What to work on:
Lines from the beginning of the data below through the one containing "does at its" are to be printed exactly as they appear.

BEGIN Data shown

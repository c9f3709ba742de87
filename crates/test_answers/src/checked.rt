//! Answers of others: which reader is called first, and answers whose bytes are replaced.
mod damaged;

use std::alloc::Global;
use std::test::Fail;
use test_runs::devices::{Failure, Source, Way};
use test_runs::examples::parallel::FOURS;
use test_runs::runs::{Ending, check_into, ending_of, request_table};
use tf_engine::request::Request;
use tf_engine::run_check::{Checked, run_check};
use tf_read::fault::ReadFault;
use tf_text::counted::Counted;

/// What a check answers.
fn check_texts(
    alloc: Global,
    request: &Request,
    table: &[u8],
    answer: &[u8],
    out: &mut Vec<u8>,
) -> Result<Checked, Ending> {
    match check_into(alloc, request, table, answer, out) {
        Ok(checked) => Ok(checked),
        Err(fault) => Err(ending_of(&fault)),
    }
}

/// The instance `table 2` is at fault, the reader of the answer did not fail, as it does at its
/// first call, and nothing is written.
fn is_refused_at_once(alloc: Global, request: &Request) -> bool {
    let at_once = Failure {
        call: 1,
        way: Way::Error,
        heals: false,
    };
    let mut out = Vec::new(alloc);
    let mut answer = Counted::new(Source::new(FOURS.instance).failing(at_once));
    checks(alloc, request, &mut answer, &mut out) == Err(Ending::Text(ReadFault::BadLine(1)))
        && !answer.failed()
        && out.is_empty()
}

fn checks(
    alloc: Global,
    request: &Request,
    answer: &mut Counted<Source<'_>>,
    out: &mut Vec<u8>,
) -> Result<Checked, Ending> {
    let bad: &[u8] = b"table 2\n";
    let mut instance = Counted::new(bad);
    let mut writer = Counted::new(out);
    match run_check(alloc, request, &mut instance, answer, &mut writer) {
        Ok(checked) => Ok(checked),
        Err(fault) => Err(ending_of(&fault)),
    }
}

#[test]
fn a_fault_of_the_instance_comes_before_the_second_reader(rt: HostRuntime) -> Result<(), Fail> {
    let request = request_table(&rt, FOURS.problem)?;
    assert!(rt; is_refused_at_once(rt.alloc(), &request));
    Ok(())
}
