//! Pictures of answers with the dates of an instance.
use crate::pictured::has;
use refusing::Refusing;
use std::alloc::{Allocator, Global};
use std::test::Fail;
use test_runs::growths::{Ended, refuse_each_growth};
use test_runs::runs::{Ending, ending_of, ensure};
use tf_dated::run_dated::{DatedRequest, Pictured, run_dated};
use tf_engine::request::Form;
use tf_picture::view::View;
use tf_text::counted::Counted;

const JOBS: &[u8] = b"table 1\njob 1 p=2 d=1 r=0\n";

const ANSWER: &[u8] = b"answer 1
problem 1|rj|Lmax
jobs 1
machines 1
value 1
piece 1 1 0 2
cert load
end
";

fn dated_into(heap: &Refusing<Global>, out: &mut Vec<u8>) -> Ending {
    let form: Form = Form::Table;
    let mut instance = Counted::new(JOBS);
    let mut answer = Counted::new(ANSWER);
    let mut writer = Counted::new(out);
    let view = View::whole();
    let asked = DatedRequest {
        view: &view,
        form: &form,
    };
    match run_dated(heap, asked, &mut instance, &mut answer, &mut writer) {
        Ok(Pictured::Drawn) => Ending::Answered,
        Ok(_) => Ending::Other,
        Err(fault) => ending_of(&fault),
    }
}

fn dated_on(rt: &HostRuntime, heap: &Refusing<Global>) -> Result<Ended, Fail> {
    let mut out = Vec::with_capacity(rt.alloc(), 5_000)?;
    match dated_into(heap, &mut out) {
        Ending::Answered if has(&out, b"<title>job 1, late by 1</title>") => Ok(Ended::Answered),
        Ending::OutOfMemory if out.is_empty() => Ok(Ended::OutOfMemory),
        _ => Err(Fail::new("another outcome")),
    }
}

#[test]
fn dates_are_pictured_whatever_growth_is_refused(rt: HostRuntime) -> Result<(), Fail> {
    let call = |heap: &Refusing<Global>| dated_on(&rt, heap);
    ensure(refuse_each_growth(&rt, call)? > 4, "too few growths")
}
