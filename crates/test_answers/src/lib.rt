//! Tests over the runs that take an answer: it is judged, drawn, pictured, evaluated, and assessed
//! by a bound; and over the runs that print a bound or rate orders. And what is said of faults that
//! no session comes to.
#![tactic(auto)]

#[cfg(test)]
mod bounds;
#[cfg(test)]
mod checked;
#[cfg(test)]
mod dated;
#[cfg(test)]
mod drawn;
#[cfg(test)]
mod evaluated;
#[cfg(test)]
mod offers;
#[cfg(test)]
mod orders;
#[cfg(test)]
mod pictured;
#[cfg(test)]
mod said;
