//! Orders and pieces that are rated, where memory is refused or a device fails.
use refusing::Refusing;
use std::alloc::{AllocError, Global};
use std::test::Fail;
use test_runs::devices::{Failure, Sink, Source};
use test_runs::examples::Given;
use test_runs::growths::{Ended, ample, refuse_each_growth};
use test_runs::runs::{Ending, ending_of, ensure, request};
use tf_assess::measures::{PosedInstance, posed_in};
use tf_assess::offered::Aids;
use tf_engine::request::Request;
use tf_evaluate::evaluation::Detail;
use tf_model::memory::OutOfMemory;
use tf_orders::run_orders::{Measuring, OrderForm, OrdersRequest, run_orders};
use tf_search::effort::{Effort, Nobody};
use tf_text::answer::layout::Layout;
use tf_text::counted::Counted;

/// Jobs of 3, 1 and 2.
const INSTANCE: &[u8] = b"table 1\njob 1 p=3\njob 2 p=1\njob 3 p=2\n";

/// A problem, a text of orders or pieces, and what is written of it.
#[derive(Clone, Copy)]
struct Case {
    problem: &'static str,
    form: OrderForm,
    text: &'static [u8],
    /// Whether the values by the other objectives are written too.
    is_measured: bool,
    written: &'static [u8],
}

/// In the order 2 1 3 the jobs complete at 4, 1 and 6.
const ONE_ORDER: Case = Case {
    problem: "1||sumC",
    form: OrderForm::Single(Detail::Summary),
    text: b"2 1 3",
    is_measured: false,
    written: b"evaluation 1\nproblem 1||sumC\njobs 3\nmachines 1\nfits\nvalue 11\nbest 10\n\
        gap 1\njob 1 1 4 4\njob 2 0 1 1\njob 3 4 6 6\nend\n",
};

/// The same schedule by its pieces, with the arithmetic of the optimum's certificate: in the order
/// 2 3 1 the jobs wait 0, 1 and 3 time steps.
const PIECES: Case = Case {
    problem: "1||sumC",
    form: OrderForm::Pieces(Detail::WithArithmetic),
    text: b"piece 2 1 0 1\npiece 1 1 1 4\npiece 3 1 4 6\n",
    is_measured: false,
    written: b"evaluation 1\nproblem 1||sumC\njobs 3\nmachines 1\nfits\nvalue 11\nbest 10\n\
        gap 1\nstep total weighted processing time 6 + total weighted waiting time in Smith's \
        order 4 = 10\njob 1 1 4 4\njob 2 0 1 1\njob 3 4 6 6\nend\n",
};

/// The second order is optimal.
const TWO_ORDERS: Case = Case {
    problem: "1||sumC",
    form: OrderForm::Lines { goes_on: false },
    text: b"2 1 3\n2 3 1\n",
    is_measured: false,
    written: b"11 1\n10 0\n",
};

/// Machine 2 waits from 1 to 2. No schedule is shorter than job 1.
const WAITING: Case = Case {
    problem: "P2||Cmax",
    form: OrderForm::Pieces(Detail::Summary),
    text: b"piece 1 1 0 3\npiece 2 2 0 1\npiece 3 2 2 4\n",
    is_measured: false,
    written: b"evaluation 1\nproblem P2||Cmax\njobs 3\nmachines 2\nfits\nvalue 4\ngap 1\n\
        bound 3\njob 1\njob 1 0 3 3\njob 2 0 1 1\njob 3 2 4 4\nend\n",
};

/// A word that is no number, a job twice, a job that is missing, and a list too many.
const SLIPS: Case = Case {
    problem: "1||sumC",
    form: OrderForm::Lines { goes_on: true },
    text: b"2 J1 3\n2 3 1\n2 2 1\n3 1\n2 3 / 1\n",
    is_measured: false,
    written: b"wrong word 2\n10 0\nwrong twice 2\nwrong missing 2\nwrong lists\n",
};

/// The first order with its makespan and its sum of completion times, and no other value, since the
/// jobs have neither weights nor due dates.
const MEASURED_ORDER: Case = Case {
    problem: "1||sumC",
    form: OrderForm::Single(Detail::Summary),
    text: b"2 1 3",
    is_measured: true,
    written: b"evaluation 1\nproblem 1||sumC\njobs 3\nmachines 1\nfits\nvalue 11\nbest 10\n\
        gap 1\njob 1 1 4 4\njob 2 0 1 1\njob 3 4 6 6\nmeasure Cmax 6\nmeasure sumC 11\nend\n",
};

/// The same of each line, and of one that is wrong.
const MEASURED_ORDERS: Case = Case {
    problem: "1||sumC",
    form: OrderForm::Lines { goes_on: true },
    text: b"2 1 3\n2 2 1\n2 3 1\n",
    is_measured: true,
    written: b"11 1 6 - - 11 - - - - -\nwrong twice 2\n10 0 6 - - 10 - - - - -\n",
};

const CASES: [Case; 7] = [
    ONE_ORDER,
    PIECES,
    TWO_ORDERS,
    WAITING,
    SLIPS,
    MEASURED_ORDER,
    MEASURED_ORDERS,
];

fn request_of(rt: &HostRuntime, case: &Case) -> Result<Request, AllocError> {
    request(rt, case.problem, Given::Table, Layout::Two)
}

/// The instance that gives the other objectives, where they are asked for.
fn others_of<'a>(
    heap: &'a Refusing<Global>,
    request: &Request,
    case: &Case,
) -> Result<Option<PosedInstance<&'a Refusing<Global>>>, OutOfMemory> {
    if case.is_measured {
        posed_in(heap, request, INSTANCE)
    } else {
        Ok(None)
    }
}

/// How rating the text of a case ends, over an instance that never fails.
fn rate(
    heap: &Refusing<Global>,
    request: &Request,
    case: &Case,
    orders: &mut Source<'_>,
    sink: &mut Sink,
) -> Ending {
    let Ok(others) = others_of(heap, request, case) else {
        return Ending::OutOfMemory;
    };
    let mut reader = Counted::new(INSTANCE);
    let mut other = Counted::new(orders);
    let mut writer = Counted::new(sink);
    let asked = OrdersRequest {
        request,
        form: case.form,
    };
    let effort: Effort<Nobody> = Effort::untold(None);
    let aids = Aids {
        effort,
        offered: None,
    };
    let measuring = Measuring { aids, others };
    match run_orders(heap, asked, measuring, &mut reader, &mut other, &mut writer) {
        Ok(_) => Ending::Answered,
        Err(fault) => ending_of(&fault),
    }
}

/// All of it is written, or nothing is.
fn rated_on(
    heap: &Refusing<Global>,
    alloc: Global,
    request: &Request,
    case: &Case,
) -> Result<Ended, Fail> {
    let mut orders = Source::new(case.text);
    let mut sink = Sink::new(alloc);
    match rate(heap, request, case, &mut orders, &mut sink) {
        Ending::Answered if sink.taken() == case.written => Ok(Ended::Answered),
        Ending::OutOfMemory if sink.calls() == 0 => Ok(Ended::OutOfMemory),
        _ => Err(Fail::new("another outcome")),
    }
}

fn is_rated(rt: &HostRuntime, case: &Case) -> Result<bool, Fail> {
    let alloc = rt.alloc();
    let request = request_of(rt, case)?;
    let growths = refuse_each_growth(rt, |heap| rated_on(heap, alloc, &request, case))?;
    Ok(growths > 0)
}

#[test]
fn orders_are_rated_or_memory_was_refused(rt: HostRuntime) -> Result<(), Fail> {
    for case in CASES.iter() {
        ensure(is_rated(&rt, case)?, "no growth")?;
    }
    Ok(())
}

/// The reader of the orders fails at this call.
fn are_cut_off_at(alloc: Global, request: &Request, case: &Case, call: u64) -> bool {
    let mut orders = Source::new(case.text).by(5).failing(Failure::once(call));
    let mut sink = Sink::new(alloc);
    rate(&ample(alloc), request, case, &mut orders, &mut sink) == Ending::Device
        && orders.calls() == call
        && sink.calls() == 0
}

/// Each call of the reader of the orders fails in turn.
fn are_cut_off(rt: &HostRuntime, case: &Case) -> Result<bool, AllocError> {
    let request = request_of(rt, case)?;
    let calls = (case.text.len() as u64).div_ceil(5) + 1;
    for call in 1..calls.saturating_add(1) {
        if !are_cut_off_at(rt.alloc(), &request, case, call) {
            return Ok(false);
        }
    }
    Ok(true)
}

#[test]
fn nothing_is_written_where_orders_cannot_be_read(rt: HostRuntime) -> Result<(), Fail> {
    for case in CASES.iter() {
        ensure(are_cut_off(&rt, case)?, "another outcome or call")?;
    }
    Ok(())
}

END Data shown

Response to this task:
repository c9f3709ba742de87
filename crates/test_answers/src/checked.rt
//! Answers of others: which reader is called first, and answers whose bytes are replaced.
mod damaged;

use std::alloc::Global;
use std::test::Fail;
use test_runs::devices::{Failure, Source, Way};
use test_runs::examples::parallel::FOURS;
use test_runs::runs::{Ending, check_into, ending_of, request_table};
use tf_engine::request::Request;
use tf_engine::run_check::{Checked, run_check};
use tf_read::fault::ReadFault;
use tf_text::counted::Counted;

/// What a check answers.
fn check_texts(
    alloc: Global,
    request: &Request,
    table: &[u8],
    answer: &[u8],
    out: &mut Vec<u8>,
) -> Result<Checked, Ending> {
    match check_into(alloc, request, table, answer, out) {
        Ok(checked) => Ok(checked),
        Err(fault) => Err(ending_of(&fault)),
    }
}

/// The instance `table 2` is at fault, the reader of the answer did not fail, as it does at its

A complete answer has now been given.